**INPUT RECORDS:**

----------

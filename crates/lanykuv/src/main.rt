//! The proof joiner's program: arguments, files and printing only.
#![tactic(auto)]

use answers::refusal::Refusal;
use std::env;
use std::process::ExitCode;

mod commands;
mod files;

fn main(rt: HostRuntime) -> anyhow::Result<ExitCode> {
    let mut args = env::args(&rt)?;
    let _name = args.next();
    match (args.next(), args.next(), args.next()) {
        (None, None, None) => commands::job(&rt),
        (Some(command), None, None) => commands::alone(&rt, command.as_str()),
        (Some(command), Some(file), None) => commands::with_file(
            &rt,
            command.as_str(),
            file.as_str(),
        ),
        _ => commands::misused(&rt),
    }
}
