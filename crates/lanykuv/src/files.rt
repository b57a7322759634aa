//! Files, and memory sized by them.
ghost use Rattle.std.specs.Prelude.{◌≡◌, ◌+◌, ◌*◌, ◌/◌, min, length, IfOk, vec_len};

use anyhow::anyhow;
use formula::span::Span;
use std::alloc::{AllocError, Global};
use std::fs;

/// The bytes of a file, or words that say why there are none.
pub(crate) fn read(rt: &HostRuntime, path: &str) -> anyhow::Result<Vec<u8>> {
    // no `map_err`: printing can fail too
    match fs::read(rt, path) {
        Ok(bytes) => Ok(bytes),
        Err(error) => {
            eprintln!(rt; "lanykuv: cannot read {path}: {error}")?;
            Err(anyhow!(error))
        }
    }
}

/// A table for every literal that the bytes can hold: each takes two bytes, and there are 64 to a clause.
pub(crate) fn literal_table(heap: Global, bytes: &[u8]) -> Result<Vec<i32>, AllocError>
    ensures { IfOk result (λ v. vec_len v ≡ min (length bytes.now / 2) (64 * 65536)) }
{
    let most = (bytes.len() / 2).min(64 * 65536);
    vec![in heap; 0i32; most]
}

/// A table for every clause that the bytes can hold: each takes two bytes.
pub(crate) fn span_table(heap: Global, bytes: &[u8]) -> Result<Vec<Span>, AllocError>
    ensures { IfOk result (λ v. vec_len v ≡ min (length bytes.now / 2 + 1) 65536) }
{
    let most = (bytes.len() / 2 + 1).min(65536);
    vec![in heap; Span::default(); most]
}
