// The calls of the map store. Each is lent the head by value and the four version columns, keys, times, values and marks, one by one as the C interface
// has them; assign and add are two, since an effect is an enum.
ghost use Rattle.std.specs.Prelude.{◌≡◌};
ghost use Rattle.rules.specs.Calls.{Begin, Update, Abort};
ghost use Rattle.versions.specs.Versions.{columns};
ghost use Rattle.map_store.specs.Shape.{empty_head};
ghost use Rattle.map_store.specs.CallContracts.{Answered, Committed, read_reply, lookup_reply, ListedAt, Checkpointed};
ghost use Rattle.registers.specs.Answer.{Answers, Returns};

use crate::MapResult;
use answer::shown::Answer;
use map_store::MapHead;
use rules::Effect;

// The head of an empty store.
pub fn registers_map_empty() -> MapHead
    ensures { result ≡ empty_head }
{
    MapHead::empty()
}

// Begins a transaction that reads as of a time, and answers its number. Refusals 1, 4, 5, 6, 7.
pub fn registers_map_begin(
    h: MapHead,
    keys: &[u32],
    times: &[u64],
    values: &[u32],
    marks: &[u8],
    time: u64,
) -> MapResult
    ensures { Returns (λ a head. Answered (Begin time) h (columns keys.now times.now values.now marks.now) a head) result.head result.answer }
{
    map_store::begin::begin(h, keys, times, values, marks, time).into()
}

// A running transaction gives a key a value. Refusals 1, 2, 3, 8.
pub fn registers_map_assign(
    h: MapHead,
    keys: &[u32],
    times: &[u64],
    values: &[u32],
    marks: &[u8],
    transaction: u32,
    key: u32,
    value: u32,
) -> MapResult
    ensures { Returns (λ a head. Answered (Update transaction key (Effect.Assign value)) h (columns keys.now times.now values.now marks.now) a head) result.head result.answer }
{
    let e = Effect::Assign(value);
    map_store::update::update(h, keys, times, values, marks, transaction, key, e).into()
}

// A running transaction adds to a key. Refusals 1, 2, 3, 8.
pub fn registers_map_add(
    h: MapHead,
    keys: &[u32],
    times: &[u64],
    values: &[u32],
    marks: &[u8],
    transaction: u32,
    key: u32,
    amount: u32,
) -> MapResult
    ensures { Returns (λ a head. Answered (Update transaction key (Effect.Add amount)) h (columns keys.now times.now values.now marks.now) a head) result.head result.answer }
{
    let e = Effect::Add(amount);
    map_store::update::update(h, keys, times, values, marks, transaction, key, e).into()
}

// Ends a running transaction; its updates have no effect. Refusals 1, 2.
pub fn registers_map_abort(
    h: MapHead,
    keys: &[u32],
    times: &[u64],
    values: &[u32],
    marks: &[u8],
    transaction: u32,
) -> MapResult
    ensures { Returns (λ a head. Answered (Abort transaction) h (columns keys.now times.now values.now marks.now) a head) result.head result.answer }
{
    map_store::abort::abort(h, keys, times, values, marks, transaction).into()
}

// Commits a running transaction at a time later than last. Refusals 1, 2, 10, 11, 12.
pub fn registers_map_commit(
    h: MapHead,
    keys: &mut [u32],
    times: &mut [u64],
    values: &mut [u32],
    marks: &mut [u8],
    transaction: u32,
    time: u64,
) -> MapResult
    ensures { Returns (λ a head. Committed transaction time h (columns keys.old times.old values.old marks.old) a head (columns keys.new times.new values.new marks.new)) result.head result.answer }
{
    map_commit::commit(h, keys, times, values, marks, transaction, time).into()
}

// The value of a key as a running transaction sees it, or absent. Refusals 1, 2, 3.
pub fn registers_map_read(
    h: MapHead,
    keys: &[u32],
    times: &[u64],
    values: &[u32],
    marks: &[u8],
    transaction: u32,
    key: u32,
) -> Answer
    ensures { Answers (λ a. a ≡ read_reply transaction key h (columns keys.now times.now values.now marks.now)) result }
{
    map_store::read::read(h, keys, times, values, marks, transaction, key).into()
}

// The committed value of a key at a time, or absent. Refusals 1, 3, 4, 5.
pub fn registers_map_lookup(
    h: MapHead,
    keys: &[u32],
    times: &[u64],
    values: &[u32],
    marks: &[u8],
    key: u32,
    time: u64,
) -> Answer
    ensures { Answers (λ a. a ≡ lookup_reply key time h (columns keys.now times.now values.now marks.now)) result }
{
    map_store::lookup::lookup(h, keys, times, values, marks, key, time).into()
}

// The list at a time, into two lent columns, keys and values; answers the count of rows. Refusals 1, 4, 5, 12.
pub fn registers_map_list(
    h: MapHead,
    keys: &[u32],
    times: &[u64],
    values: &[u32],
    marks: &[u8],
    time: u64,
    listed: &mut [u32],
    contents: &mut [u32],
) -> Answer
    ensures { Answers (λ a. ListedAt time h (columns keys.now times.now values.now marks.now) listed.old contents.old a listed.new contents.new) result }
{
    map_list::list(h, keys, times, values, marks, time, listed, contents).into()
}

// Low becomes a time; kept are the versions after it and, for each key, its newest at or before it. Refusals 1, 4, 5, 9.
pub fn registers_map_checkpoint(
    h: MapHead,
    keys: &mut [u32],
    times: &mut [u64],
    values: &mut [u32],
    marks: &mut [u8],
    time: u64,
) -> MapResult
    ensures { Returns (λ a head. Checkpointed time h (columns keys.old times.old values.old marks.old) a head (columns keys.new times.new values.new marks.new)) result.head result.answer }
{
    map_checkpoint::checkpoint(h, keys, times, values, marks, time).into()
}
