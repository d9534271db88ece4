// What the library was built with: its limits, the numbers of its refusals, and a head of each store whose fields hold their own places. A host
// compares its constants and structs with them.
ghost use Rattle.std.specs.Prelude.{◌≡◌};
ghost use Rattle.sample.specs.Sample.{journal_sample, map_sample};
ghost use Rattle.registers.specs.About.{limits, numbers};

use answer::Refusal;
use journal::{Base, Journal};
use journal_store::Head;
use map_store::MapHead;
use rules::Record;
use versions::Version;

// The limits of section 2, how many refusals there are, and which layout the heads have.
#[repr(C)]
#[derive(Clone, Copy)]
pub struct Limits {
    pub layout: u32,
    pub running: u32,
    pub keys: u32,
    pub base_rows: u32,
    pub version_rows: u32,
    pub journal_bytes: u32,
    pub record_bytes: u32,
    pub refusals: u32,
}

impl Limits {
    // The layout of both heads: another number where a field is added, moved or made wider.
    pub const LAYOUT: u32 = 2;
}

// The number of each refusal, under the name of what happened.
#[repr(C)]
#[derive(Clone, Copy)]
pub struct Numbers {
    pub bad_shape: u32,
    pub unknown_transaction: u32,
    pub bad_key: u32,
    pub too_old: u32,
    pub future: u32,
    pub too_many: u32,
    pub no_numbers: u32,
    pub keys_full: u32,
    pub held: u32,
    pub not_later: u32,
    pub conflict: u32,
    pub no_room: u32,
    pub bad_record: u32,
}

// The limits.
pub fn registers_limits() -> Limits
    ensures { result ≡ limits }
{
    Limits {
        layout: Limits::LAYOUT,
        running: Journal::RUNNING as u32,
        keys: Journal::KEYS as u32,
        base_rows: Base::ROWS as u32,
        version_rows: Version::ROWS as u32,
        journal_bytes: (Journal::RECORDS * Record::BYTES) as u32,
        record_bytes: Record::BYTES as u32,
        refusals: Refusal::BadRecord(0).number(),
    }
}

// The numbers of the refusals.
pub fn registers_numbers() -> Numbers
    ensures { result ≡ numbers }
{
    Numbers {
        bad_shape: Refusal::BadShape.number(),
        unknown_transaction: Refusal::UnknownTransaction.number(),
        bad_key: Refusal::BadKey.number(),
        too_old: Refusal::TooOld.number(),
        future: Refusal::Future.number(),
        too_many: Refusal::TooMany.number(),
        no_numbers: Refusal::NoNumbers.number(),
        keys_full: Refusal::KeysFull.number(),
        held: Refusal::Held.number(),
        not_later: Refusal::NotLater.number(),
        conflict: Refusal::Conflict.number(),
        no_room: Refusal::NoRoom.number(),
        bad_record: Refusal::BadRecord(0).number(),
    }
}

// A journal head whose fields hold their places.
pub fn registers_journal_sample() -> Head
    ensures { result ≡ journal_sample }
{
    sample::journal_head()
}

// A map head whose fields hold their places.
pub fn registers_map_sample() -> MapHead
    ensures { result ≡ map_sample }
{
    sample::map_head()
}
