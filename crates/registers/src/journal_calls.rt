// The calls of the journal store. Each is lent the head by value, the two base columns, keys and values, and the journal's bytes, one by one as the C
// interface has them; assign and add are two, since an effect is an enum.
ghost use Rattle.std.specs.Prelude.{◌≡◌};
ghost use Rattle.rules.specs.Calls.{Begin, Update, Abort, Commit};
ghost use Rattle.journal_store.specs.Shape.{empty_head};
ghost use Rattle.journal_store.specs.CallContracts.{Wrote, read_decided, lookup_decided, shaped_reply, ListedBy, Checkpointed, Recovered};
ghost use Rattle.registers.specs.Answer.{Answers, Returns};

use crate::JournalResult;
use answer::shown::Answer;
use journal_store::Head;
use rules::Effect;

// The head of an empty store.
pub fn registers_journal_empty() -> Head
    ensures { result ≡ empty_head }
{
    Head::empty()
}

// Begins a transaction that reads as of a time, and answers its number. Refusals 1, 4, 5, 6, 7, 12.
pub fn registers_journal_begin(
    h: Head,
    keys: &[u32],
    values: &[u32],
    journal: &mut [u8],
    time: u64,
) -> JournalResult
    ensures { Returns (λ a head. Wrote (Begin time) h keys.now values.now journal.old a head journal.new) result.head result.answer }
{
    journal_store::begin::begin(h, keys, values, journal, time).into()
}

// A running transaction gives a key a value. Refusals 1, 2, 3, 8, 12.
pub fn registers_journal_assign(
    h: Head,
    keys: &[u32],
    values: &[u32],
    journal: &mut [u8],
    transaction: u32,
    key: u32,
    value: u32,
) -> JournalResult
    ensures { Returns (λ a head. Wrote (Update transaction key (Effect.Assign value)) h keys.now values.now journal.old a head journal.new) result.head result.answer }
{
    let e = Effect::Assign(value);
    journal_store::update::update(h, keys, values, journal, transaction, key, e).into()
}

// A running transaction adds to a key. Refusals 1, 2, 3, 8, 12.
pub fn registers_journal_add(
    h: Head,
    keys: &[u32],
    values: &[u32],
    journal: &mut [u8],
    transaction: u32,
    key: u32,
    amount: u32,
) -> JournalResult
    ensures { Returns (λ a head. Wrote (Update transaction key (Effect.Add amount)) h keys.now values.now journal.old a head journal.new) result.head result.answer }
{
    let e = Effect::Add(amount);
    journal_store::update::update(h, keys, values, journal, transaction, key, e).into()
}

// Ends a running transaction; its updates have no effect. Refusals 1, 2, 12.
pub fn registers_journal_abort(
    h: Head,
    keys: &[u32],
    values: &[u32],
    journal: &mut [u8],
    transaction: u32,
) -> JournalResult
    ensures { Returns (λ a head. Wrote (Abort transaction) h keys.now values.now journal.old a head journal.new) result.head result.answer }
{
    journal_store::abort::abort(h, keys, values, journal, transaction).into()
}

// Commits a running transaction at a time later than last. Refusals 1, 2, 10, 11, 12.
pub fn registers_journal_commit(
    h: Head,
    keys: &[u32],
    values: &[u32],
    journal: &mut [u8],
    transaction: u32,
    time: u64,
) -> JournalResult
    ensures { Returns (λ a head. Wrote (Commit transaction time) h keys.now values.now journal.old a head journal.new) result.head result.answer }
{
    journal_store::commit::commit(h, keys, values, journal, transaction, time).into()
}

// The value of a key as a running transaction sees it, or absent. Refusals 1, 2, 3.
pub fn registers_journal_read(
    h: Head,
    keys: &[u32],
    values: &[u32],
    journal: &[u8],
    transaction: u32,
    key: u32,
) -> Answer
    ensures { Answers (λ a. a ≡ shaped_reply h keys.now values.now journal.now (read_decided transaction key)) result }
{
    journal_store::read::read(h, keys, values, journal, transaction, key).into()
}

// The committed value of a key at a time, or absent. Refusals 1, 3, 4, 5.
pub fn registers_journal_lookup(
    h: Head,
    keys: &[u32],
    values: &[u32],
    journal: &[u8],
    key: u32,
    time: u64,
) -> Answer
    ensures { Answers (λ a. a ≡ shaped_reply h keys.now values.now journal.now (lookup_decided key time)) result }
{
    journal_store::lookup::lookup(h, keys, values, journal, key, time).into()
}

// The list at a time, into two lent columns, keys and values; answers the count of rows. Refusals 1, 4, 5, 12.
pub fn registers_journal_list(
    h: Head,
    keys: &[u32],
    values: &[u32],
    journal: &[u8],
    time: u64,
    listed: &mut [u32],
    contents: &mut [u32],
) -> Answer
    ensures { Answers (λ a. ListedBy h keys.now values.now journal.now time listed.old contents.old a listed.new contents.new) result }
{
    journal_list::list(h, keys, values, journal, time, listed, contents).into()
}

// The base becomes the list at a time, and the journal keeps what is still needed. Refusals 1, 4, 5, 9, 12.
pub fn registers_journal_checkpoint(
    h: Head,
    keys: &mut [u32],
    values: &mut [u32],
    journal: &mut [u8],
    time: u64,
) -> JournalResult
    ensures { Returns (λ a head. Checkpointed time h keys.old values.old journal.old a head keys.new values.new journal.new) result.head result.answer }
{
    journal_checkpoint::checkpoint(h, keys, values, journal, time).into()
}

// Takes the bytes that survived a restart for the journal; 13 comes with the place of the first record that fails. Refusals 1, 13.
pub fn registers_journal_recover(
    h: Head,
    keys: &[u32],
    values: &[u32],
    journal: &mut [u8],
    survived: usize,
) -> JournalResult
    ensures { Returns (λ a head. Recovered h keys.now values.now journal.old survived a head journal.new) result.head result.answer }
{
    journal_recovery::recover(h, keys, values, journal, survived).into()
}
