// Every call of both stores under a fixed name, for a host: on plain slices, and on structs of C's layout by value. A call hands its arguments to the
// store and gives the answer as three numbers; it decides nothing, and asks nothing of its caller. `registers_c` gives the calls to C, C++ and Rust.
// `about` gives a host what it can hold its own figures to.
#![tactic(auto)]

ghost use Rattle.std.specs.Prelude.{◌≡◌};
ghost use Rattle.answer.specs.Reply.{of_result};
ghost use Rattle.answer.specs.Shown.{answer_of};

use answer::Outcome;
use answer::shown::{Answer, Given};
use journal_store::Head;
use map_store::MapHead;

pub mod about;
pub mod journal_calls;
pub mod map_calls;

// What a call that changes the journal store returns: the head to use from then on, and the answer. One for each store, since the C interface has
// no generic struct.
#[repr(C)]
#[derive(Clone, Copy)]
pub struct JournalResult {
    pub head: Head,
    pub answer: Answer,
}

impl<T: Given> From<Outcome<Head, T>> for JournalResult {
    ghost from_gives = { λ o r. (r.head ≡ o.head) × (r.answer ≡ answer_of (of_result T.given o.answer)) };

    fn from(outcome: Outcome<Head, T>) -> Self {
        let Outcome { head, answer } = outcome;
        JournalResult {
            head,
            answer: answer.into(),
        }
    }
}

// What a call that changes the map store returns.
#[repr(C)]
#[derive(Clone, Copy)]
pub struct MapResult {
    pub head: MapHead,
    pub answer: Answer,
}

impl<T: Given> From<Outcome<MapHead, T>> for MapResult {
    ghost from_gives = { λ o r. (r.head ≡ o.head) × (r.answer ≡ answer_of (of_result T.given o.answer)) };

    fn from(outcome: Outcome<MapHead, T>) -> Self {
        let Outcome { head, answer } = outcome;
        MapResult {
            head,
            answer: answer.into(),
        }
    }
}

----------

**REQUIREMENT:**
Take the lines above from the first through the one containing "use std::fs;" and reproduce them exactly; include nothing else.

**ANSWER SPACE:**
filename crates/lanykuv/src/main.rt
//! The proof joiner's program: arguments, files and printing only.
#![tactic(auto)]

use answers::refusal::Refusal;
use std::env;
use std::process::ExitCode;

mod commands;
mod files;

fn main(rt: HostRuntime) -> anyhow::Result<ExitCode> {
    let mut args = env::args(&rt)?;
    let _name = args.next();
    match (args.next(), args.next(), args.next()) {
        (None, None, None) => commands::job(&rt),
        (Some(command), None, None) => commands::alone(&rt, command.as_str()),
        (Some(command), Some(file), None) => commands::with_file(
            &rt,
            command.as_str(),
            file.as_str(),
        ),
        _ => commands::misused(&rt),
    }
}
filename crates/lanykuv/src/files.rt
repository b57a7322759634aa
//! Files, and memory sized by them.
ghost use Rattle.std.specs.Prelude.{◌≡◌, ◌+◌, ◌*◌, ◌/◌, min, length, IfOk, vec_len};

use anyhow::anyhow;
use formula::span::Span;
use std::alloc::{AllocError, Global};
use std::fs;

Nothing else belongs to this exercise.